[Collected data]
● ● ●
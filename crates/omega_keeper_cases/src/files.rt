//! Two keepers over files.
use crate::steps::{is_word, show_done, take};
use omega_calls::{Fault, is_colon, part, text};
use omega_keep::Keeper;
use omega_model::Bytes;
use omega_sqlkeep::FileKeeper;
use std::{fs, io};

/// Where the files stand, an empty folder for each line.
const FOLDER: &str = "kept_files";

/// What each step answers on two keepers over files of the folder `kept_files`, which is made anew and removed in
/// the end. The first takes the steps until the step `other`, which answers `ok`: from then on the other one does.
/// Three steps are of the folder alone: `put PATH BYTES` writes a file and `move PATH PATH` gives one another name,
/// and both answer `ok`; `size PATH` answers how many bytes a file has, or `none` where there is no file.
pub(crate) fn answer(rt: &HostRuntime, words: &[Bytes], answers: &mut String) -> Result<(), Fault> {
    // A folder that isn't there is no fault.
    let _ = fs::remove_dir_all(rt, FOLDER);
    done(fs::create_dir(rt, FOLDER))?;
    take_all(rt, FileKeeper::new(rt), FileKeeper::new(rt), words, answers)?;
    done(fs::remove_dir_all(rt, FOLDER))
}

/// Sees that the system has done what it was asked.
fn done(asked: io::Result<()>) -> Result<(), Fault> {
    match asked {
        Ok(()) => Ok(()),
        Err(_) => Err(Fault::MayNot),
    }
}

/// Takes all steps. It takes the keepers as values of a type parameter, since lending one over a file costs whoever
/// lends it minutes of proof.
fn take_all<K: Keeper + Drop>(
    rt: &HostRuntime,
    first: K,
    second: K,
    words: &[Bytes],
    answers: &mut String,
) -> Result<(), Fault> {
    let (mut here, mut there) = (first, second);
    let mut is_first = true;
    for step in words.split(|word| is_colon(word)) {
        part(answers)?;
        if is_word(step, "other")? {
            is_first = !is_first;
            show_done(answers, true)?;
        } else if !takes_in_folder(rt, step, answers)? {
            let keeper = if is_first { &mut here } else { &mut there };
            take(rt.alloc(), keeper, step, answers)?;
        }
    }
    Ok(())
}

/// Takes a step that is of the folder alone; `false` where it is none.
fn takes_in_folder(rt: &HostRuntime, step: &[Bytes], answers: &mut String) -> Result<bool, Fault> {
    match step {
        [call, path, bytes] if text(call)? == "put" => {
            done(fs::write(rt, text(path)?, bytes.as_slice()))?;
            show_done(answers, true)?;
        }
        [call, from, to] if text(call)? == "move" => {
            done(fs::rename(rt, text(from)?, text(to)?))?;
            show_done(answers, true)?;
        }
        [call, path] if text(call)? == "size" => show_size(rt, text(path)?, answers)?,
        _ => return Ok(false),
    }
    Ok(true)
}

/// Appends how many bytes a file has.
fn show_size(rt: &HostRuntime, path: &str, answers: &mut String) -> Result<(), Fault> {
    match fs::metadata(rt, path) {
        Ok(found) => write!(answers, "{}", found.len())?,
        Err(_) => answers.push_str("none")?,
    }
    Ok(())
}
● ● ●
▶ _Assigned task_: Return the lines of the records that include the string "none".

▶ _Problem solution_:
/// and both answer `ok`; `size PATH` answers how many bytes a file has, or `none` where there is no file.
/// Takes a step that is of the folder alone; `false` where it is none.
        Err(_) => answers.push_str("none")?,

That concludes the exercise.